Task statement: Exactly as they appear, copy the lines from the start of the entries below to the line containing "type Bidder = (Seat, Money, Money);", both ends included.
══ Data records ══
//! The auction of a private: which bidder wins it, and what the winner pays.
ghost use Rattle.std.specs.Prelude.{◌≡◌, ◌≤◌, ◌+ℤ◌, length, pos};
ghost use Rattle.std.specs.Int.{int_max, int_min};
ghost use Rattle.privates.specs.Auction.{BidsDiffer, LimitsHold, ahead, auction_of, greater_of, highest_bid, limit_by};
ghost use Rattle.privates.specs.Auction.{second_limit, winner_among, with_limit};

use tables::{BID_STEP, Money, Seat};

/// A bidder: the seat, its bid and its limit, in dollars.
type Bidder = (Seat, Money, Money);

/// Returns the winner of an auction among some bidders, each with a bid and a limit, and what the
/// winner pays, in dollars. The greatest limit wins; if limits are equal, the higher bid. The price
/// is the second limit plus 5, but no more than the winner's limit and no less than the highest
/// bid.
///
/// There are at least two bidders, their bids differ, and no limit is under its bid.
pub fn auction(bidders: &[(Seat, Money, Money)]) -> (Seat, Money)
    requires two { 2 ≤ length bidders.now }
    requires differ { BidsDiffer bidders.now }
    requires limits { LimitsHold bidders.now }
    ensures { result ≡ auction_of bidders.now }
{
    let Some((first, others)) = bidders.split_first() else {
        return (Seat(0), 0);
    };
    let winner = winner(*first, others);
    let highest = highest_bid(*first, others);
    let second = second_limit(bidders, winner);
    (winner.0, price(winner, highest, second))
}

/// Returns what the winner pays, in dollars, given the highest bid and the second limit.
fn price(winner: Bidder, highest: Money, second: Money) -> Money
    ensures { result ≡ int_max highest (int_min (limit_by winner) (second +ℤ pos 5)) }
{
    highest.max(winner.2.min(second.saturating_add(Money::from(BID_STEP))))
}

/// Returns the winner among a bidder and others.
fn winner(first: Bidder, others: &[Bidder]) -> Bidder
    ensures { result ≡ winner_among first others.now }
{
    let mut winner = first;
    for other in others {
        winner = ahead(winner, *other);
    }
    winner
}

/// Returns who of two is ahead.
fn ahead(one: Bidder, other: Bidder) -> Bidder
    ensures { result ≡ ahead one other }
{
    let greater = one.2 < other.2;
    let higher = one.2 == other.2 && one.1 < other.1;
    if greater || higher { other } else { one }
}

/// Returns the highest bid of a bidder and others.
fn highest_bid(first: Bidder, others: &[Bidder]) -> Money
    ensures { result ≡ highest_bid first others.now }
{
    let mut highest = first.1;
    for other in others {
        highest = highest.max(other.1);
    }
    highest
}

/// Returns the greatest limit of the bidders other than the winner, or 0 if there is no other.
fn second_limit(bidders: &[Bidder], winner: Bidder) -> Money
    ensures { result ≡ second_limit winner bidders.now }
{
    let mut second = None;
    for bidder in bidders {
        second = with_limit(second, *bidder, winner);
    }
    second.unwrap_or(0)
}

/// Returns the greatest limit so far of the bidders other than the winner, with one more bidder.
fn with_limit(second: Option<Money>, bidder: Bidder, winner: Bidder) -> Option<Money>
    ensures { result ≡ with_limit winner second bidder }
{
    if bidder.1 == winner.1 {
        return second;
    }
    Some(greater(second, bidder.2))
}

/// Returns the greater of two sums, if there are two.
fn greater(one: Option<Money>, other: Money) -> Money
    ensures { result ≡ greater_of one other }
{
    match one {
        Some(one) => one.max(other),
        None => other,
    }
}
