//! The laws of the definitions. Each is the contract of a function that does nothing.
ghost use Rattle.std.specs.Prelude.{◌≡◌, ℕ, List};
ghost use Rattle.privates.specs.Auction.{AuctionIsWon};
ghost use Rattle.privates.specs.BidsRise.{OpeningBidsRise};
ghost use Rattle.events.specs.declared.event.Event.{Event};
ghost use Rattle.totals.specs.LookBack.{Game};
ghost use Rattle.privates.specs.Opening.{EndsSoon, IsOpeningRound};
ghost use Rattle.privates.specs.Sale.{settle_auctions, settled};
ghost use Rattle.privates.specs.Turn.{opening_rules};
ghost use Rattle.tables.specs.declared.round.Round.{Round};
ghost use Rattle.turns.specs.Acted.{TurnsSayWhoActed};

/// States that an auction is won by the bidder who is ahead of all, by limit and then by bid. The
/// price is the greatest limit of the others plus 5, but no more than the winner's limit and no
/// less than the highest bid.
pub fn auction_is_won()
    ensures { AuctionIsWon }
{}

/// States that the sales that follow from a sale come to an end, after which there are no bids on
/// the cheapest unsold private.
pub fn nothing_is_left_to_settle()
    ensures { (seats : ℕ) (events : List Event) → settle_auctions seats (settled seats events)
        ≡ settled seats events }
{}

/// States that an opening round has at most one outcome: the sheets and the game before it
/// determine the game after it.
pub fn one_opening_round()
    ensures { (file : List ℕ) (round : Round) (old : Game) (a : Game) (b : Game)
        → IsOpeningRound file round old a → IsOpeningRound file round old b → a ≡ b }
{}

/// States that an opening round has an outcome, whatever the sheets say: its turns end, after at
/// most 513 for each seat.
pub fn opening_round_ends()
    ensures { (file : List ℕ) (round : Round) (old : Game) → EndsSoon file round old }
{}

/// States that a seat acted in its turn exactly if the list of events says so. If it acted, the
/// turn's events name it as the last seat to act; if not, they name nobody.
pub fn opening_turns_say_who_acted()
    ensures { TurnsSayWhoActed opening_rules }
{}

/// States that an opening round keeps this true: each bid is at least 5 above every earlier bid on
/// its private, whether or not that still holds.
pub fn opening_bids_rise()
    ensures { OpeningBidsRise }
{}
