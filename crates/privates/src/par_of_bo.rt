//! A PAR in an opening sheet: a standing line that sets the par value of BO in case the seat buys
//! BOP. It must name BO and a par value.
ghost use Rattle.std.specs.Prelude.{◌≡◌, ◌≤◌};
ghost use Rattle.privates.specs.ParOfBo.{is_par_of_baltimore, par_rules, par_set_by};
ghost use Rattle.tables.specs.Rules.{first_broken};

use history::{GameView, OpeningRule};
use tables::{Amount, Company, LEAST_PAR, Seat, par_square, rules};

/// Returns the rule that a PAR breaks.
pub(crate) fn judge_par(company: Company, price: Amount) -> Option<OpeningRule>
    ensures { result ≡ first_broken (par_rules company price) }
{
    rules! { OpeningRule
        NotOfOpening: !is_par_of_baltimore(company, price),
    }
}

/// Returns whether a company is BO, and a price a par value.
fn is_par_of_baltimore(company: Company, price: Amount) -> bool
    ensures { result ≡ is_par_of_baltimore company price }
{
    company == Company::BaltimoreOhio && par_square(price).is_some()
}

/// Returns the par value that a buyer of BOP sets for BO, in dollars: the one in their last obeyed
/// PAR line, or else the least.
pub(crate) fn par_set_by(view: &GameView, buyer: Seat) -> Amount
    ensures par { result ≡ par_set_by view.now.events buyer }
    ensures small { result ≤ 1000000 }
{
    view.par_ordered(buyer).unwrap_or(LEAST_PAR)
}
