//! A LIMIT: a standing line that says how far a seat goes in an auction of a private, which must be
//! unsold.
ghost use Rattle.std.specs.Prelude.{◌≡◌};
ghost use Rattle.privates.specs.Limit.{auction_limit, limit_rules};
ghost use Rattle.tables.specs.Rules.{first_broken};

use history::{Bid, GameView, OpeningRule};
use tables::{Money, Private, rules};

/// Returns the rule that a LIMIT breaks.
pub(crate) fn judge_limit(view: &GameView, private: Private) -> Option<OpeningRule>
    ensures { result ≡ first_broken (limit_rules view.now.events private) }
{
    rules! { OpeningRule
        Sold: view.is_sold(private),
    }
}

/// Returns how far a bidder goes in the auction of a private, in dollars: to the limit that they
/// ordered, or to what they can spend if that is less; without a limit only to their bid. It is at
/// least their bid.
pub(crate) fn auction_limit(view: &GameView, private: Private, bid: Bid) -> Money
    ensures { result ≡ auction_limit view.now.seats view.now.events private bid }
{
    let amount = Money::from(bid.amount);
    match view.limit(private, bid.seat) {
        Some(ordered) => amount.max(Money::from(ordered).min(view.free_for(bid.seat, private))),
        None => amount,
    }
}
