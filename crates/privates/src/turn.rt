//! The lines of a written turn: in a turn a seat may buy or bid, once.
ghost use Rattle.std.specs.Prelude.{◌≡◌, ◌<◌, OnOk, IfOk};
ghost use Rattle.order_grammar.specs.declared.order.Order.TheVariants.{Play};
ghost use Rattle.totals.specs.LookBack.{with_events};
ghost use Rattle.privates.specs.Turn.{MayAct, after_opening_line, after_opening_order, opening_judgement};
ghost use Rattle.privates.specs.Turn.{opening_refusal};
ghost use Rattle.privates.specs.Underway.{IsUnderway};
ghost use Rattle.sheets.specs.Part.{line_unread};
ghost use Rattle.turns.specs.RoundOfTurns.{in_turn};
ghost use Rattle.turns.specs.Ruling.{has_place_in_turn};
ghost use Rattle.turns.specs.Small.{IsSmallOrder, IsSmallReading};

use crate::bid::{bid, judge_bid};
use crate::buy::{buy, judge_purchase};
use history::{History, OpeningRule, Refusal};
use order_grammar::{Order, PlayOrder};
use sheets::{UnreadLine, is_of_file};
use std::alloc::AllocError;
use tables::Seat;
use turns::Family;

/// The lines of a written turn, with whether the seat has bought or bid in this turn.
#[derive(Clone, Copy, Debug)]
struct TurnLines {
    turn_used: bool,
}

impl Family for TurnLines {
    ghost place = { has_place_in_turn };

    ghost judgement = { λ lines game seat.
        opening_refusal game.seats game.events seat lines.turn_used };

    ghost may_judge = { λ game seat. Unit {0} };

    fn has_place(&self, order: &Order) -> bool {
        !is_of_file(order)
    }

    fn judge(&self, history: &History, seat: Seat, order: &Order) -> Option<Refusal> {
        judge_line(history, seat, order, self.turn_used).map(Refusal::Opening)
    }
}

/// Rules a line of a written turn, and carries it out if it is obeyed. Overwrites `order`. Returns
/// whether the seat has bought or bid in its turn so far.
pub(crate) fn rule_line(
    history: &mut History,
    seat: Seat,
    line: UnreadLine,
    order: &mut Order,
    turn_used: bool,
) -> Result<bool, AllocError>
    requires at_table { seat.0 < history.old.seats }
    requires small { IsSmallReading (line_unread line).reading }
    requires underway { IsUnderway history.old }
    ensures seats { OnOk result (history.new.seats ≡ history.old.seats) }
    ensures turn { IfOk result (λ used. in_turn history.new.events used
        ≡ after_opening_line history.old.seats seat (in_turn history.old.events turn_used)
        (line_unread line.entry)) }
    ensures underway { OnOk result (IsUnderway history.new) }
{
    if !turns::rule_line(&TurnLines { turn_used }, history, seat, line, order)? {
        return Ok(turn_used);
    }
    act(history, seat, order)?;
    Ok(true)
}

/// Returns the first rule that a line of a seat breaks in its turn, given whether it has used the
/// turn; `None` if it breaks none.
fn judge_line(history: &History, seat: Seat, order: &Order, turn_used: bool) -> Option<OpeningRule>
    ensures { result
        ≡ opening_judgement history.now.seats history.now.events seat turn_used order.now }
{
    match order {
        Order::Play(order) => judge(history, seat, *order, turn_used),
        _ => Some(OpeningRule::NotOfOpening),
    }
}

/// Returns the first rule that an order of a seat breaks in its turn, given whether it has used the
/// turn; `None` if it breaks none. `judge_standing` judges standing lines.
pub fn judge(
    history: &History,
    seat: Seat,
    order: PlayOrder,
    turn_used: bool,
) -> Option<OpeningRule>
    ensures { result
        ≡ opening_judgement history.now.seats history.now.events seat turn_used (Play order) }
{
    let now = history.now();
    match order {
        PlayOrder::BuyPrivate(private) => judge_purchase(&now, seat, private, turn_used),
        PlayOrder::Bid { private, amount } => judge_bid(&now, seat, private, amount, turn_used),
        _ => Some(OpeningRule::NotOfOpening),
    }
}

/// Carries out what a seat orders in its turn.
fn act(history: &mut History, seat: Seat, order: &Order) -> Result<(), AllocError>
    requires at_table { seat.0 < history.old.seats }
    requires small { IsSmallOrder order.now }
    requires may { MayAct history.old.seats history.old.events seat order.now }
    requires underway { IsUnderway history.old }
    ensures after { OnOk result (history.new ≡ with_events history.old
        (after_opening_order history.old.seats seat history.old.events order.now)) }
    ensures underway { OnOk result (IsUnderway history.new) }
{
    match order {
        Order::Play(PlayOrder::BuyPrivate(private)) => buy(history, seat, *private),
        Order::Play(PlayOrder::Bid { private, amount }) => bid(history, seat, *private, *amount),
        _ => Ok(()),
    }
}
═══
Your solution:
//! The auction of a private: which bidder wins it, and what the winner pays.
ghost use Rattle.std.specs.Prelude.{◌≡◌, ◌≤◌, ◌+ℤ◌, length, pos};
ghost use Rattle.std.specs.Int.{int_max, int_min};
ghost use Rattle.privates.specs.Auction.{BidsDiffer, LimitsHold, ahead, auction_of, greater_of, highest_bid, limit_by};
ghost use Rattle.privates.specs.Auction.{second_limit, winner_among, with_limit};

use tables::{BID_STEP, Money, Seat};

/// A bidder: the seat, its bid and its limit, in dollars.
type Bidder = (Seat, Money, Money);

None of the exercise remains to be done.